## HOW TO COMPLETE THIS TASK:
Provide again, from the entries below, every line from the one containing "for piece in" through the one containing "fn all_runs(rt: HostRuntime)", exactly as written, and no other line.

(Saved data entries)

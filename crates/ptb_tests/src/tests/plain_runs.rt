// This file tests runs that end, and that can't be read or written.

use crate::tests::shared::{Row, expect_rows, expect_same, plain_rules, rules, table};
use ptb_machine::{Ending, Rules, RunFault};
use ptb_serve::{run_plain, run_seeded};
use ptb_text::{ByteSink, ByteSource, Device, LoadFault, Program, Read, Write};
use std::alloc::Global;
use std::io;
use std::io::ErrorKind;
use std::test::Fail;

// A reader and a writer that fail at once.
#[derive(Drop)]
struct Broken;

impl ByteSource for Broken {
    fn read(&mut self, _buf: &mut [u8]) -> io::Result<usize> {
        Err(io::Error::from(ErrorKind::Other))
    }
}

impl ByteSink for Broken {
    fn write(&mut self, _buf: &[u8]) -> io::Result<usize> {
        Err(io::Error::from(ErrorKind::Other))
    }

    fn flush(&mut self) -> io::Result<()> {
        Ok(())
    }
}

// A program of one statement.
fn one_line(alloc: Global, line: &[u8]) -> Result<Program, LoadFault> {
    let mut program = Program::new(alloc, 4096);
    program.enter(line)?;
    Ok(program)
}

// Where the random numbers of a run are from.
#[derive(Clone, Copy)]
enum Random {
    Answers(&'static [i16]),
    Seed(u64),
}

// A program, the random numbers of its run, and the rules of that.
#[derive(Clone, Copy)]
struct Start<'a> {
    program: &'a Program,
    random: Random,
    rules: Rules,
}

// How a run ends.
fn ending_of<R: Read, W: Write>(
    alloc: Global,
    start: &Start<'_>,
    input: &mut R,
    out: &mut W,
) -> Result<Ending, RunFault> {
    let rules = start.rules;
    match start.random {
        Random::Answers(answers) => run_plain(alloc, start.program, answers, rules, input, out),
        Random::Seed(seed) => run_seeded(alloc, start.program, seed, rules, input, out),
    }
}

// Whether a run ends so and shows this.
fn ends<R: Read>(
    alloc: Global,
    start: &Start<'_>,
    input: &mut R,
    ending: Result<Ending, RunFault>,
    shown: &[u8],
) -> bool {
    let mut taken = Vec::new(alloc);
    let mut out = Device::new(&mut taken);
    ending_of(alloc, start, input, &mut out) == ending && taken.as_slice() == shown
}

// The line of a program, its random numbers, the bound for answers instead of lines, how its run of 10
// commands at most ends, and what it shows.
struct Run(&'static [u8], Random, Option<i16>, Ending, &'static [u8]);

impl Row<Global> for Run {
    fn holds(&self, alloc: &Global) -> bool {
        let Run(line, random, choose, ending, shown) = *self;
        let Ok(program) = one_line(*alloc, line) else {
            return false;
        };
        let start = Start {
            program: &program,
            random,
            rules: rules(10, choose),
        };
        ends(
            *alloc,
            &start,
            &mut Device::new(&b""[..]),
            Ok(ending),
            shown,
        )
    }
}

const RUNS: &[Run] = table! { Run:
    (b"10 P.RND(2)", Random::Answers(&[]), None, Ending::NoAnswer, b""),
    (b"10 P.RND(2)", Random::Answers(&[2]), None, Ending::End, b"     2\n"),
    (b"10 P.RND(2)", Random::Answers(&[2, 9]), None, Ending::End, b"     2\n"),
    (b"10 P.RND(2)", Random::Answers(&[3]), None, Ending::BadAnswer, b""),
    // without a line a run asks for an answer, if it has a bound for that
    (b"10 INPUT A;PRINT A", Random::Answers(&[]), Some(2), Ending::NoAnswer, b"A:"),
    (b"10 INPUT A;PRINT A", Random::Answers(&[2]), Some(2), Ending::End, b"A:2\n     2\n"),
    (b"10 INPUT A;PRINT A", Random::Answers(&[3]), Some(2), Ending::BadAnswer, b"A:"),
    // a run by a seed has an answer to each question
    (b"10 P.RND(2)", Random::Seed(0), None, Ending::End, b"     2\n"),
    (b"10 P.RND(2)", Random::Seed(7), None, Ending::End, b"     1\n"),
    (b"10 P.RND(6),RND(6)", Random::Seed(7), None, Ending::End, b"     3     5\n"),
    (b"10 P.RND(6),RND(6)", Random::Seed(4294967295), None, Ending::End, b"     4     2\n"),
    (b"10 P.RND(1);INPUT A", Random::Seed(7), None, Ending::NoInput, b"     1\nA:"),
    (b"10 A=RND(2);GOTO 10", Random::Seed(7), None, Ending::Limit, b""),
    (b"10 A=RND(0)", Random::Seed(7), None, Ending::How, b"HOW?\n10 A=RND(0)?\n"),
};

#[test]
fn endings(rt: HostRuntime) {
    expect_rows(&rt, "runs", &rt.alloc(), RUNS);
}

// Whether a room has only lines that are shown, and nothing after them.
fn begins(room: &[u8]) -> bool {
    let mut ended = false;
    for pair in room.as_chunks::<2>().0 {
        let is_shown = *pair == *b"1\n" && !ended;
        ended = *pair == [0, 0];
        if !is_shown && !ended {
            return false;
        }
    }
    true
}

// Whether a run by a seed shows all, or a beginning where memory is refused.
fn is_begun(alloc: Global, program: &Program) -> bool {
    let mut room = [0; 80];
    let mut input = Device::new(&b""[..]);
    let mut out = Device::new(&mut room[..]);
    let ending = run_seeded(alloc, program, 7, plain_rules(200), &mut input, &mut out);
    let is_right = match ending {
        Ok(ending) => ending == Ending::End && room[78] == b'1',
        Err(fault) => fault == RunFault::Memory,
    };
    is_right && begins(&room)
}

// Passes whichever of its allocations is refused: a beginning is shown then, and otherwise all.
#[test]
fn refused_seeded_runs(rt: HostRuntime) {
    let is_right = match one_line(rt.alloc(), b"10 F.I=1TO40;P.#1,RND(1);N.I") {
        Ok(program) => is_begun(rt.alloc(), &program),
        Err(fault) => fault == LoadFault::Memory,
    };
    expect_same(&rt, "a beginning", is_right, true);
}

// Whether a run's input can't be read when a line is asked for, and another one can't be written.
fn is_broken(alloc: Global, start: &Start<'_>) -> bool {
    let (mut input, mut broken) = (Device::new(&b""[..]), Device::new(Broken));
    let unread = Err(RunFault::Read);
    ends(alloc, start, &mut Device::new(Broken), unread, b"\nA:")
        && ending_of(alloc, start, &mut input, &mut broken) == Err(RunFault::Write)
}

#[test]
fn broken_devices(rt: HostRuntime) -> Result<(), Fail> {
    let program = one_line(rt.alloc(), b"10 P.;INPUT A")?;
    for random in [Random::Answers(&[]), Random::Seed(7)] {
        let start = Start {
            program: &program,
            random,
            rules: plain_rules(10),
        };
        expect_same(&rt, "broken devices", is_broken(rt.alloc(), &start), true);
    }
    Ok(())
}
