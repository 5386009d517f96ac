// This file tests requests for all runs of a program.

use crate::tests::devices::{FAILINGS, Failing, Script, Sink, make_sink};
use crate::tests::replies::{expect_reply, outcome_of, reply_on_endless_input, reply_to};
use crate::tests::shared::{
    DEFAULT_MEMORY, DEFAULT_STEPS, ONE, TWO_OF_2, TWO_OF_3, expect_same, rules,
};
use ptb_explore::{Form, Marked};
use ptb_options::{MarkedAnswers, Mode, Request};
use ptb_serve::{Note, Outcome};
use ptb_text::Device;
use std::alloc::{AllocError, Global};
use std::process::Abort;
use std::test::Fail;

/// A program with its input and the most commands of a run, the bound for answers instead of lines,
/// the answers with which its listed runs begin, the run after which its listing begins, how many
/// reports it has at most, and their form.
#[derive(Clone, Copy)]
pub(crate) struct AllRuns<'a> {
    pub(crate) program: &'a [u8],
    pub(crate) input: &'a [u8],
    pub(crate) steps: u32,
    pub(crate) choose: Option<i16>,
    pub(crate) under: Option<&'a [Marked]>,
    pub(crate) after: Option<&'a [Marked]>,
    pub(crate) first: Option<u64>,
    pub(crate) form: Form,
}

/// All runs of a program without input, in form 1, by a request that gives neither steps nor a bound.
pub(crate) const ALL: AllRuns<'static> = AllRuns {
    program: b"",
    input: b"",
    steps: DEFAULT_STEPS,
    choose: None,
    under: None,
    after: None,
    first: None,
    form: Form::One,
};

// Such a request for a program, except for the fields given after it. Rows of constants can't call
// functions.
macro_rules! all_of {
    ($program:expr $(, $field:ident = $value:expr)*) => {
        AllRuns {
            program: $program,
            $($field: $value,)*
            ..ALL
        }
    };
}

pub(crate) use all_of;

// Requests with what they list, and the fields that are given after that.
macro_rules! listings {
    ($(($program:expr, $text:expr $(, $field:ident = $value:expr)*)),* $(,)?) => {
        &[$((all_of!($program $(, $field = $value)*), $text)),*]
    };
}

pub(crate) use listings;

/// A list as a request has it.
pub(crate) fn kept(
    alloc: Global,
    list: Option<&[Marked]>,
) -> Result<Option<MarkedAnswers>, AllocError> {
    match list {
        Some(list) => Ok(Some(Vec::from_slice(alloc, list)?.into())),
        None => Ok(None),
    }
}

// The request of a listing.
fn request_of(alloc: Global, asked: &AllRuns<'_>) -> Result<Request, AllocError> {
    let (under, after) = (kept(alloc, asked.under)?, kept(alloc, asked.after)?);
    Ok(Request {
        rules: rules(asked.steps, asked.choose),
        memory: DEFAULT_MEMORY,
        mode: Mode::All {
            under,
            after,
            first: asked.first,
            form: asked.form,
        },
    })
}

// Serves a listing with this writer.
fn listed_to(alloc: Global, asked: &AllRuns<'_>, sink: &mut Sink) -> Result<Outcome, AllocError> {
    let request = request_of(alloc, asked)?;
    Ok(outcome_of(alloc, &request, asked.program, asked.input, sink))
}

/// The result of a listing with a writer that takes some bytes a call.
pub(crate) fn listed(
    alloc: Global,
    asked: &AllRuns<'_>,
    piece: usize,
) -> Result<(Outcome, Vec<u8>), AllocError> {
    let mut sink = make_sink(alloc, piece, usize::MAX, Failing::Breaks);
    let outcome = listed_to(alloc, asked, &mut sink)?;
    Ok((outcome, sink.taken))
}

pub(crate) const ONE_ROLL: &[u8] = b"10 P.RND(2)";

pub(crate) const ONE_ROLL_TEXT: &[u8] = b"RUN 1 END 1 7\n     1\n\nRUN 2 END 1 7\n     2\n\n";

pub(crate) const TWO_ROLLS: &[u8] = b"10 PRINT RND(2)*RND(2)";

pub(crate) const TWO_ROLLS_TEXT: &[u8] = b"RUN 1,1 END 1 7\n     1\n\nRUN 1,2 END 1 7\n     2\n\n\
RUN 2,1 END 1 7\n     2\n\nRUN 2,2 END 1 7\n     4\n\n";

pub(crate) const ROLL_AFTER_IF: &[u8] = b"10 A=RND(2);IF A=2 B=RND(3);PRINT B";

pub(crate) const ROLL_AFTER_IF_TEXT: &[u8] = b"RUN 1 END 2 0\n\nRUN 2,1 END 4 7\n     1\n\n\
RUN 2,2 END 4 7\n     2\n\nRUN 2,3 END 4 7\n     3\n\n";

pub(crate) const FAULTY: &[u8] = b"10 A=RND(2)-1;B=RND(A)";

pub(crate) const FAULTY_TEXT: &[u8] =
    b"RUN 1 HOW 2 29\nHOW?\n10 A=RND(2)-1;B=RND(A)?\n\nRUN 2,1 END 2 0\n\n";

pub(crate) const ROLLED_INDEX: &[u8] = b"10 INPUT @(RND(2))";

pub(crate) const ROLLED_INDEX_TEXT: &[u8] = b"RUN 1,1 END 1 30\n@(RND(2)):)\nWHAT?\n@(RND(2)):5\n\n\
RUN 1,2 END 1 30\n@(RND(2)):)\nWHAT?\n@(RND(2)):5\n\n\
RUN 2,1 END 1 30\n@(RND(2)):)\nWHAT?\n@(RND(2)):5\n\n\
RUN 2,2 END 1 30\n@(RND(2)):)\nWHAT?\n@(RND(2)):5\n\n";

pub(crate) const LIMITED: &[u8] = b"10 A=RND(2);B=RND(2)";

pub(crate) const LIMITED_TEXT: &[u8] = b"RUN 1 LIMIT 1 0\n\nRUN 2 LIMIT 1 0\n\n";

/// Requests with what they list.
pub(crate) type ListedRows<'a> = &'a [(AllRuns<'a>, &'a [u8])];

// A listing is this text, with a writer that takes some bytes a call.
fn expect_listing(
    rt: &impl Abort,
    alloc: Global,
    asked: &AllRuns<'_>,
    piece: usize,
    text: &[u8],
) -> Result<(), AllocError> {
    let reply = listed(alloc, asked, piece)?;
    expect_reply(rt, reply, (0, None), text);
    Ok(())
}

/// Each request lists this, however its bytes are cut.
pub(crate) fn expect_listings(
    rt: &impl Abort,
    alloc: Global,
    listings: ListedRows<'_>,
) -> Result<(), AllocError> {
    for (asked, text) in listings {
        for piece in [1, 5, 100_000] {
            expect_listing(rt, alloc, asked, piece, text)?;
        }
    }
    Ok(())
}

const ALL_RUNS: ListedRows<'static> = listings! {
    (b"", b"RUN none END 0 0\n\n"),
    (ONE_ROLL, ONE_ROLL_TEXT),
    (TWO_ROLLS, TWO_ROLLS_TEXT),
    (ROLL_AFTER_IF, ROLL_AFTER_IF_TEXT),
    (FAULTY, FAULTY_TEXT),
    (b"10 GOTO 10", b"RUN none LIMIT 5 0\n\n", steps = 5),
    (b"10 INPUT A;PRINT A", b"RUN 1 END 2 16\nA:RND(2)\n     1\n\nRUN 2 END 2 16\nA:RND(2)\n     2\n\n",
     input = b"RND(2)\n"),
    (b"10 INPUT A", b"RUN none NOINPUT 1 2\nA:\n"),
    (b"10 GOSUB 10", b"RUN none SORRY 257 19\nSORRY\n10 GOSUB 10?\n\n"),
    (b"10 F.I=1TO1;GOS.10", b"RUN none SORRY 257 26\nSORRY\n10 F.I=1TO1?;GOS.10\n\n"),
    (ROLLED_INDEX, ROLLED_INDEX_TEXT, input = b")\n5\n"),
    (LIMITED, LIMITED_TEXT, steps = 1),
};

// Programs with what their listing of all runs is.
#[test]
fn all_runs(rt: HostRuntime) -> Result<(), Fail> {
    expect_listings(&rt, rt.alloc(), ALL_RUNS)?;
    Ok(())
}

const RUNS_WITHOUT_LINES: ListedRows<'static> = listings! {
    (b"10 INPUT A;PRINT A", b"RUN 1 END 2 11\nA:1\n     1\n\nRUN 2 END 2 11\nA:2\n     2\n\n", choose = Some(2)),
    (b"10 INPUT A;PRINT A", b"RUN 2 END 2 11\nA:2\n     2\n\n", choose = Some(2), after = Some(&[ONE])),
    (b"10 INPUT A;PRINT A", b"RUN 1 END 2 11\nA:1\n     1\n\n", choose = Some(2), first = Some(1)),
    (b"10 INPUT A;PRINT A", b"RUN 1 END 2 21\nA:)\nWHAT?\nA:1\n     1\n\nRUN 2 END 2 21\nA:)\nWHAT?\nA:2\n     2\n\n",
     choose = Some(2), input = b")\n"),
    (b"10 INPUT @(RND(2)-1)",
     b"RUN 1,1 END 1 14\n@(RND(2)-1):1\n\nRUN 1,2 END 1 14\n@(RND(2)-1):2\n\n\
RUN 2,1 END 1 14\n@(RND(2)-1):1\n\nRUN 2,2 END 1 14\n@(RND(2)-1):2\n\n", choose = Some(2)),
};

// Where no line is left each answer up to the bound gives a run.
#[test]
fn runs_without_lines(rt: HostRuntime) -> Result<(), Fail> {
    expect_listings(&rt, rt.alloc(), RUNS_WITHOUT_LINES)?;
    Ok(())
}

// The report of a run of 5000 answers, each of which is 1.
fn long_report(alloc: Global) -> Result<Vec<u8>, AllocError> {
    let mut text = Vec::from_slice(alloc, b"RUN 1")?;
    for _ in 1..5000 {
        text.extend_from_slice(b",1")?;
    }
    text.extend_from_slice(b" END 10001 0\n\n")?;
    Ok(text)
}

// A run with many answers, each of which is 1.
#[test]
fn most_answers(rt: HostRuntime) -> Result<(), Fail> {
    let asked = all_of!(b"10 F.I=1TO5000;A=RND(1);N.I", steps = 20_000);
    let text = long_report(rt.alloc())?;
    expect_listing(&rt, rt.alloc(), &asked, 100_000, &text)?;
    Ok(())
}

const ROLL_AFTER_IF_BOUNDS: &[u8] = b"RUN 1/2 END 2 0\n\nRUN 2/2,1/3 END 4 7\n     1\n\n\
RUN 2/2,2/3 END 4 7\n     2\n\nRUN 2/2,3/3 END 4 7\n     3\n\n";

const SECOND_WITH_A_BOUND: &[Marked] = &[TWO_OF_2, ONE];

const THIRD_WITH_BOUNDS: &[Marked] = &[TWO_OF_2, TWO_OF_3];

const RUNS_WITH_BOUNDS: ListedRows<'static> = listings! {
    (ROLL_AFTER_IF, ROLL_AFTER_IF_BOUNDS, form = Form::Two),
    (ROLL_AFTER_IF, b"RUN 2/2,2/3 END 4 7\n     2\n\nRUN 2/2,3/3 END 4 7\n     3\n\n",
     form = Form::Two, after = Some(SECOND_WITH_A_BOUND)),
    (ROLL_AFTER_IF, b"RUN 1/2 END 2 0\n\n", form = Form::Two, first = Some(1)),
    (ROLL_AFTER_IF, b"RUN 2,3 END 4 7\n     3\n\n", after = Some(THIRD_WITH_BOUNDS)),
    (b"", b"RUN none END 0 0\n\n", form = Form::Two),
};

// In form 2 each answer is followed by its bound. The run to continue after may be named with
// bounds in either form.
#[test]
fn runs_with_bounds(rt: HostRuntime) -> Result<(), Fail> {
    expect_listings(&rt, rt.alloc(), RUNS_WITH_BOUNDS)?;
    Ok(())
}

// The listing of two rolls to a writer that takes five bytes a call, and fails after so many calls,
// is the prefix of this length.
fn expect_broken_off(
    rt: &impl Abort,
    alloc: Global,
    failing: Failing,
    calls: usize,
    length: usize,
) -> Result<(), AllocError> {
    let mut sink = make_sink(alloc, 5, calls, failing);
    let outcome = listed_to(alloc, &all_of!(TWO_ROLLS), &mut sink)?;
    let due = if calls < 20 {
        (74, Some(Note::Unwritten))
    } else {
        (0, None)
    };
    let bytes = &TWO_ROLLS_TEXT[..length.min(TWO_ROLLS_TEXT.len())];
    expect_reply(rt, (outcome, sink.taken), due, bytes);
    Ok(())
}

// What was written of a listing is its beginning, whichever call fails. A report of 24 bytes takes
// five calls.
#[test]
fn listings_that_break_off(rt: HostRuntime) -> Result<(), Fail> {
    for &failing in FAILINGS {
        for calls in 0..=20 {
            let length = 24 * (calls / 5) + 5 * (calls % 5);
            expect_broken_off(&rt, rt.alloc(), failing, calls, length)?;
        }
    }
    Ok(())
}

// The listing of a program whose input fails after these bytes.
fn reply_on_unread_input(
    alloc: Global,
    program: &[u8],
    bytes: &[u8],
) -> Result<(Outcome, Vec<u8>), AllocError> {
    let request = request_of(alloc, &all_of!(program))?;
    let mut text = Device::new(program);
    let mut input = Device::new(Script {
        bytes,
        piece: 1,
        fails: true,
    });
    Ok(reply_to(alloc, &request, &mut text, &mut input, 1))
}

const UNREAD_INPUTS: &[(&[u8], &[u8])] = &[
    (ONE_ROLL, b""),
    (ONE_ROLL, b"5"),
    (ONE_ROLL, b"5\n"),
    (b"10 INPUT A", b""),
    (b"10 INPUT A", b"5"),
    (b"10 INPUT A", b"5\n"),
];

// The input is read before anything is written, whether or not the program asks for it.
#[test]
fn unread_inputs(rt: HostRuntime) -> Result<(), Fail> {
    for &(program, bytes) in UNREAD_INPUTS {
        let reply = reply_on_unread_input(rt.alloc(), program, bytes)?;
        expect_reply(&rt, reply, (66, Some(Note::InputUnread)), b"");
    }
    Ok(())
}

#[test]
fn endless_inputs(rt: HostRuntime) -> Result<(), Fail> {
    let request = request_of(rt.alloc(), &all_of!(b"10 INPUT A"))?;
    let (reply, given) = reply_on_endless_input(rt.alloc(), &request, b"10 INPUT A", 1);
    expect_reply(&rt, reply, (66, Some(Note::InputUnread)), b"");
    expect_same(&rt, "a limit", given <= 16_777_217, true);
    Ok(())
}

## SOLVED EXERCISE:
        for piece in [1, 5, 100_000] {
            expect_listing(rt, alloc, asked, piece, text)?;
        }
    }
    Ok(())
}

const ALL_RUNS: ListedRows<'static> = listings! {
    (b"", b"RUN none END 0 0\n\n"),
    (ONE_ROLL, ONE_ROLL_TEXT),
    (TWO_ROLLS, TWO_ROLLS_TEXT),
    (ROLL_AFTER_IF, ROLL_AFTER_IF_TEXT),
    (FAULTY, FAULTY_TEXT),
    (b"10 GOTO 10", b"RUN none LIMIT 5 0\n\n", steps = 5),
    (b"10 INPUT A;PRINT A", b"RUN 1 END 2 16\nA:RND(2)\n     1\n\nRUN 2 END 2 16\nA:RND(2)\n     2\n\n",
     input = b"RND(2)\n"),
    (b"10 INPUT A", b"RUN none NOINPUT 1 2\nA:\n"),
    (b"10 GOSUB 10", b"RUN none SORRY 257 19\nSORRY\n10 GOSUB 10?\n\n"),
    (b"10 F.I=1TO1;GOS.10", b"RUN none SORRY 257 26\nSORRY\n10 F.I=1TO1?;GOS.10\n\n"),
    (ROLLED_INDEX, ROLLED_INDEX_TEXT, input = b")\n5\n"),
    (LIMITED, LIMITED_TEXT, steps = 1),
};

// Programs with what their listing of all runs is.
#[test]
fn all_runs(rt: HostRuntime) -> Result<(), Fail> {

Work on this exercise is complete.